= Healthcare scientist =

A healthcare scientist (HCS), or medical scientist, is a scientist working in any of a number of health related disciplines. Healthcare scientists may work directly for health service providers, or in academia or industry. Healthcare scientists typically refers to those contributing directly to clinical services, and not scientists working solely in health related research and development.

==Disciplines==

Boundaries between healthcare science and other related fields are not strictly defined. There are more than 50 different specialisms. Healthcare scientists work in clinical bioinformatics, life sciences, physical sciences and physiological sciences.
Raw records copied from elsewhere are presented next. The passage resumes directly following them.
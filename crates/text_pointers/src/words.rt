// The words that a reading refers to, one behind the other.
ghost use Rattle.std.specs.Prelude.{◌≡◌, ◌≢◌, ◌+◌, ◌/◌, ◌≤◌, ◌<◌, ◌^◌, IfErr, true};
ghost use Rattle.outside.specs.declared.TheConstants.{PAGE_WORDS};
ghost use Rattle.machine_names.specs.Bounds.{IsAddress};
ghost use Rattle.machine_names.specs.declared.names.ForkName.{ForkName as AForkName};
ghost use Rattle.machine_names.specs.declared.names.TheConstants.{SPACE_PAGES};
ghost use Rattle.page_contracts.specs.DrumWords.{DrumWords};
ghost use Rattle.page_gather.specs.Gathering.{left_of};
ghost use Rattle.ka10_unit.specs.Carrying.{Grows, StaysAway};
ghost use Rattle.ka10_unit.specs.Gathers.{IsOf, Serves, framed, weight};
ghost use Rattle.text_pointers.specs.Reading.{IsByReference, MayRefer, OpensWord, ReadsPage, ReadsWord, RefersOnce, Stands, StopsFor, text_frames};

use crate::reader::Reader;
use ka10_unit::Stop;
use machine_names::{ACCUMULATORS, ForkName, Kind, PAGE_ADDRESSES, Place, Slot};
use page_contracts::Pages;
use page_gather::Added;
use plain_units::{Regs, channel};
use word36::Word;

impl Reader {
    // A page of the fork's space.
    fn place(&self, page: u16) -> Place
        ensures { result ≡ Place.Fork (record { fork = self.now.fork; page = page }) }
    {
        Place::Fork(Slot {
            fork: self.fork,
            page,
        })
    }

    // Refers to a page, to read it, unless the last byte stands in it too.
    fn refer<P: Pages>(&mut self, pages: &P, page: u16) -> Result<(), Stop>
        requires serves { Serves P.means pages.now self.old.fork }
        requires page { page < SPACE_PAGES }
        requires room { MayRefer self.old page }
        ensures fork { self.new.fork ≡ self.old.fork }
        ensures once { RefersOnce self.old self.new page result }
        ensures needs { IfErr result (StopsFor P.means pages.now) }
        ensures channel { IfErr result IsByReference }
        ensures told { (d : DrumWords) → P.means.fits pages.now d → Stands self.old.fork (framed P.means pages.now d) self.old
            → ReadsPage self.old.fork (framed P.means pages.now d) self.old self.new page result }
    {
        if self.page == Some(page) {
            return Ok(());
        }
        let place = self.place(page);
        match self.gather.add(pages, place, Kind::Read) {
            Added::Went => {
                self.page = Some(page);
                Ok(())
            }
            Added::Need(need) => Err(Stop::Need(need)),
            Added::Denied(_) => Err(Stop::Trap(channel::DENIED_READ)),
            Added::Full => Err(Stop::Trap(channel::DRUM_FULL)),
        }
    }

    /// The word at an address. The accumulators are in no page. Err: a map on the way or the page is in no
    /// frame; or the page may not be read, or has to be made and finds no frame, or the drum is full.
    pub fn word<P: Pages>(&mut self, regs: &Regs, pages: &P, at: u32) -> Result<Word, Stop>
        requires serves { Serves P.means pages.now self.old.fork }
        requires address { IsAddress at }
        requires room { MayRefer self.old (at / PAGE_WORDS) }
        ensures fork { self.new.fork ≡ self.old.fork }
        ensures once { RefersOnce self.old self.new (at / PAGE_WORDS) result }
        ensures needs { IfErr result (StopsFor P.means pages.now) }
        ensures channel { IfErr result IsByReference }
        ensures told { (d : DrumWords) → P.means.fits pages.now d → Stands self.old.fork (framed P.means pages.now d) self.old
            → ReadsWord self.old.fork (framed P.means pages.now d) regs.now self.old self.new at result }
    {
        if at < ACCUMULATORS {
            return Ok(regs.ac[at as usize]);
        }
        let page = (at / PAGE_ADDRESSES) as u16;
        match self.refer(pages, page) {
            Err(stop) => Err(stop),
            Ok(()) => Ok(
                self.gather
                    .word(pages, self.place(page), (at % PAGE_ADDRESSES) as u16),
            ),
        }
    }

    /// Refers to the word at an address, to write it, once the pages are made. The accumulators are in no page. Err: a map
    /// on the way or the page is in no frame; or the page may not be written, or has to be made and finds no frame, or the
    /// drum is full.
    pub fn writable<P: Pages>(&mut self, pages: &P, at: u32) -> Result<(), Stop>
        requires serves { Serves P.means pages.now self.old.fork }
        requires address { IsAddress at }
        requires room { weight self.old.gather + 2 ≤ text_frames }
        ensures fork { self.new.fork ≡ self.old.fork }
        ensures needs { IfErr result (StopsFor P.means pages.now) }
        ensures channel { IfErr result IsByReference }
        ensures told { (d : DrumWords) → P.means.fits pages.now d → Stands self.old.fork (framed P.means pages.now d) self.old
            → OpensWord self.old.fork (framed P.means pages.now d) self.old self.new at result }
    {
        if at < ACCUMULATORS {
            return Ok(());
        }
        let place = self.place((at / PAGE_ADDRESSES) as u16);
        match self.gather.add(pages, place, Kind::Write) {
            Added::Went => {
                self.page = None;
                Ok(())
            }
            Added::Need(need) => Err(Stop::Need(need)),
            Added::Denied(_) => Err(Stop::Trap(channel::DENIED_WRITE)),
            Added::Full => Err(Stop::Trap(channel::DRUM_FULL)),
        }
    }

    /// Makes the pages that were referred to, in order.
    pub fn make<P: Pages>(&self, pages: &mut P)
        requires serves { Serves P.means pages.old self.now.fork }
        requires serial { P.means.serial pages.old self.now.fork.tty < 2 ^ 62 }
        ensures told { (d : DrumWords) (f : AForkName) → P.means.fits pages.old d → Stands f (framed P.means pages.old d) self.now
            → P.means.plain pages.new d ≡ left_of (P.means.plain pages.old d) self.now.gather }
        ensures fits { (d : DrumWords) → P.means.fits pages.old d → P.means.fits pages.new d }
        ensures grows { Grows P.means self.now.fork.tty 128 pages.old pages.new }
        ensures away { StaysAway (P.means.scene pages.old) (P.means.scene pages.new) }
    {
        self.gather.make(pages);
    }
}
A non-exhaustive list of healthcare science roles is below.

- Medical physicist
- Biomedical scientist
- Audiologist
- Clinical cytogeneticist
- Clinical embryologist
- Neurophysiological scientist
- Vascular scientist
- Cardiac scientist

==Organization==
Regulation and organization of healthcare scientists varies significantly from country to country, and from discipline to discipline.

===Europe===

====United Kingdom====
There are over 50,000 healthcare scientists working in the NHS. Biomedical Scientist and Clinical scientist are a protected title in the United Kingdom, requiring state registration. The Health and Care Professions Council holds the register and regulates the profession. The main routes to registration and training are through courses run by the Institute of Biomedical Science or the National School of Healthcare Science.

===North America===
====United States====
According to the bureau of labor statistics, there were 120,000 medical scientists working in the United States in 2016.